§ SOURCE RECORDS:
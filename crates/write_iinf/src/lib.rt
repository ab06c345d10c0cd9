// iinf: the entries of all items.

#![tactic(auto)]

pub mod gain_map;
pub mod infe;
pub mod picture;

ghost use Rattle.std.specs.Prelude.{◌≡◌, [], ◌∷◌, ◌+◌};
ghost use Rattle.octets.specs.Stores.{Room, Boxed};
ghost use Rattle.panel.specs.Form.{form_of};
ghost use Rattle.heif.specs.Iinf.{iinf, iinf_size};

use crate::gain_map::write_gain_infes;
use crate::infe::write_given_infe;
use crate::picture::write_picture_infes;
use octets::Output;
use panel::FileForm;
use plan_items::items::Items;
use write_ids::form::{write_count, write_item_box};

// iinf.
pub fn write_iinf(out: &mut Output, form: FileForm, size: u32, s: Items)
    requires room { Room out.old (8 + iinf_size (form_of form) s) }
    requires whole { size ≡ 8 + iinf_size (form_of form) s }
    ensures { Boxed out.old (8 + iinf_size (form_of form) s) (iinf (form_of form) s ∷ []) out.new }
{
    write_item_box(out, form, size, b"iinf", 0, 0);
    write_count(out, form, s.last_id());
    write_picture_infes(out, form, s.color());
    write_picture_infes(out, form, s.alpha());
    write_given_infe(out, form, b"Exif", s.exif());
    write_gain_infes(out, form, s);
}
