// The gain map's entries in iinf.
ghost use Rattle.std.specs.Prelude.{cond, [], ◌∷◌, ◌+◌, ◌*◌};
ghost use Rattle.octets.specs.Numbers.{◌‖◌, be, text};
ghost use Rattle.octets.specs.Stores.{Room, Boxed};
ghost use Rattle.panel.specs.Form.{form_of};
ghost use Rattle.panel.specs.Parts.{given};
ghost use Rattle.heif.specs.Items.{gain_id, xmp_id};
ghost use Rattle.heif.specs.Iinf.{infe, gain_infes, infe_size, rdf_size, gain_infes_size};

use crate::infe::{Entry, write_given_infe, write_infe};
use octets::Output;
use panel::FileForm;
use plan_items::items::Items;

// The entries of the gain image and of its XMP, both hidden.
fn write_image_infes(out: &mut Output, form: FileForm, s: Items)
    requires { Room out.old (cond s.gain (2 * infe_size (form_of form) + rdf_size) 0) }
    ensures { Boxed out.old (cond s.gain (2 * infe_size (form_of form) + rdf_size) 0) (given s.gain (infe (form_of form) 1 (gain_id s) "hvc1" [] ∷ infe (form_of form) 1 (xmp_id s) "mime" (text "application/rdf+xml" ‖ be 1 0) ∷ [])) out.new }
{
    if s.has_gain() {
        let image = Entry {
            id: s.gain_id(),
            kind: b"hvc1",
            hidden: true,
            content_type: b"",
        };
        let xmp = Entry {
            id: s.xmp_id(),
            kind: b"mime",
            hidden: true,
            content_type: b"application/rdf+xml\0",
        };
        write_infe(out, form, &image);
        write_infe(out, form, &xmp);
    }
}

// The gain map's entries. That of the tone map is not hidden.
pub(crate) fn write_gain_infes(out: &mut Output, form: FileForm, s: Items)
    requires { Room out.old (gain_infes_size (form_of form) s) }
    ensures { Boxed out.old (gain_infes_size (form_of form) s) (gain_infes (form_of form) s) out.new }
{
    write_image_infes(out, form, s);
    write_given_infe(out, form, b"tmap", s.tone());
}
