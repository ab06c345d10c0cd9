// The theorem that one file is one panel, in proofs/. There is no code here.

#![tactic(auto)]
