// The entries of a picture in iinf: its tiles and its grid.
ghost use Rattle.std.specs.Prelude.{[], ◌∷◌, ◌+◌, ◌*◌};
ghost use Rattle.octets.specs.Numbers.{◌‖◌};
ghost use Rattle.octets.specs.Stores.{Room, Boxed};
ghost use Rattle.panel.specs.Form.{form_of};
ghost use Rattle.heif.specs.Iinf.{infe, tile_infes, infe_size};

use crate::infe::{Entry, write_infe};
use octets::Output;
use panel::{FileForm, Ids, WideItemId};
use plan_items::items::PictureIds;

// The hidden entries of tiles with these ids.
fn write_tile_infes(out: &mut Output, form: FileForm, ids: Ids)
    requires { Room out.old (infe_size (form_of form) * ids.count) }
    ensures { Boxed out.old (infe_size (form_of form) * ids.count) (tile_infes (form_of form) ids.first.0 ids.count) out.new }
{
    for id in ids.range() {
        write_infe(
            out,
            form,
            &Entry {
                id: WideItemId(id),
                kind: b"hvc1",
                hidden: true,
                content_type: b"",
            },
        );
    }
}

// The entries of a picture: the hidden ones of its tiles, and its grid's. It is put where it is called, for the reason that is given at
// `write_colr_nclx` (write_properties).
#[inline(always)]
pub(crate) fn write_picture_infes(out: &mut Output, form: FileForm, picture: PictureIds)
    requires { Room out.old (infe_size (form_of form) * picture.tiles.count + infe_size (form_of form)) }
    ensures { Boxed out.old (infe_size (form_of form) * picture.tiles.count + infe_size (form_of form)) (tile_infes (form_of form) picture.tiles.first.0 picture.tiles.count ‖ infe (form_of form) 0 picture.grid.0 "grid" [] ∷ []) out.new }
{
    write_tile_infes(out, form, picture.tiles);
    write_infe(
        out,
        form,
        &Entry {
            id: picture.grid,
            kind: b"grid",
            hidden: false,
            content_type: b"",
        },
    );
}
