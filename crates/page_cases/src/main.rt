//! Compares the reports on good, damaged and nonsensical pages with what a second reader expects of them.
//! The input has, for each, the lines of the request and then the lines of the report, each behind `= `: several of both, where
//! `recorded::replay` takes one of each.
#![tactic(auto)]

use page_report::report;
use recorded::Tally;
use std::io::{BufRead, BufReader, Print};

#[derive(Drop)]
struct Case {
    request: String,
    expected: String,
}

fn judge(rt: &(impl Print + AllocGlobal), case: &Case, tally: &mut Tally) -> anyhow::Result<()> {
    let Case { request, expected } = case;
    let text = report(rt.alloc(), request.as_bytes())?;
    let agrees = text.as_str() == expected.as_str();
    tally.count(agrees);
    if !agrees {
        print!(rt; "differs: {request}{text}")?;
    }
    Ok(())
}

fn main(rt: HostRuntime) -> anyhow::Result<()> {
    let alloc = rt.alloc();
    let mut tally = Tally::new();
    let mut case = Case {
        request: String::new(alloc),
        expected: String::new(alloc),
    };
    for line in BufReader::new(alloc, rt.stdin())?.lines(alloc) {
        let line = line?;
        if let Some(expected) = line.as_str().strip_prefix("= ") {
            writeln!(case.expected, "{expected}")?;
            continue;
        }
        if !case.expected.is_empty() {
            judge(&rt, &case, &mut tally)?;
            case.request.clear();
            case.expected.clear();
        }
        writeln!(case.request, "{line}")?;
    }
    judge(&rt, &case, &mut tally)?;
    println!(rt; "{tally} reports agree")?;
    Ok(())
}
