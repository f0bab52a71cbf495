// explore DEPTH BOUND < closed.txt

#![tactic(auto)]

use explore_words::{Asked, Word};

// What the words ask for; or the first that can't be read.
fn words(rt: HostRuntime) -> Result<Asked, Word> {
    let mut first = [0u8; 32];
    let a = console::word(rt, 1, &mut first);
    let mut second = [0u8; 32];
    let b = console::word(rt, 2, &mut second);
    let n = console::word_count(rt);
    explore_words::ask(n, &first[..a], &second[..b])
}

// Says which word can't be read, and what was expected.
fn say_word(rt: HostRuntime, w: Word) {
    let mut line = [0u8; 256];
    let n = explore_words::word_line(w, &mut line);
    console::say(rt, &line[..n]);
}

// Prints the answer to the search that was asked for, or the refusal of the text.
fn print_search(rt: HostRuntime, asked: Asked) {
    let mut text = [0u8; 65537];
    let Some(n) = console::read_input(rt, &mut text) else {
        return;
    };
    let mut out = [0u8; 131072];
    let len = explore_words::explore_asked(rt.stderr(), &text[..n], asked, &mut out);
    reasons::print(rt, &out[..len]);
}

fn main(rt: HostRuntime) {
    let help = b"explore DEPTH BOUND < closed.txt\n\
        Tries every task order and every toss of the closed table on standard input, and prints the first path that comes to a standstill or fails \
        an assertion, with the state; or found=none.\n\
        DEPTH: the most steps of a path, at most 24.\n\
        BOUND: the most steps tried in all.\n\
        The standard error stream says how many steps a long search has tried and why a text is refused, and last written=BYTES if all was written.\n\
        Example: paths of at most 12 steps, and at most a million steps tried.\n\
        explore 12 1000000 < closed.txt\n";
    if console::helped(rt, help) {
        return;
    }
    match words(rt) {
        Ok(asked) => print_search(rt, asked),
        Err(w) => say_word(rt, w),
    }
}
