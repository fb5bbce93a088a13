//! What a script says of jobs that are distributed.

ghost use Rattle.std.specs.Prelude.{◌≡◌, true};
ghost use Rattle.sc_compile_dist.specs.GoodJobs.{is_good_dist};

use sc_compile_table::Keyed;
use sc_entry::ByteText;
use sc_model::DistAnswer;

/// A line of a script that says what a distributed job under a key comes to. Its objects are fewer than 65,533, with distinct
/// names of 1 to 65,535 bytes, none `stdout` or `stderr`; a chain has at least one text.
#[derive(Drop)]
pub struct DistLine {
    pub key: ByteText,
    pub answer: DistAnswer,
    pub ghost good: { is_good_dist answer ≡ true },
}

impl Keyed for DistLine {
    ghost key = { λ l. l.key };

    fn key(&self) -> &ByteText {
        &self.key
    }
}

§ REQUIRED WORK:
Only the lines from the one containing "repository fb5bbce93a088a13" through the end of the listing should be copied, and they should be copied exactly.

§ REPLY TO THE TASK:
repository fb5bbce93a088a13
//! What a script says of jobs that are distributed.

ghost use Rattle.std.specs.Prelude.{◌≡◌, true};
ghost use Rattle.sc_compile_dist.specs.GoodJobs.{is_good_dist};

use sc_compile_table::Keyed;
use sc_entry::ByteText;
use sc_model::DistAnswer;

/// A line of a script that says what a distributed job under a key comes to. Its objects are fewer than 65,533, with distinct
/// names of 1 to 65,535 bytes, none `stdout` or `stderr`; a chain has at least one text.
#[derive(Drop)]
pub struct DistLine {
    pub key: ByteText,
    pub answer: DistAnswer,
    pub ghost good: { is_good_dist answer ≡ true },
}

impl Keyed for DistLine {
    ghost key = { λ l. l.key };

    fn key(&self) -> &ByteText {
        &self.key
    }
}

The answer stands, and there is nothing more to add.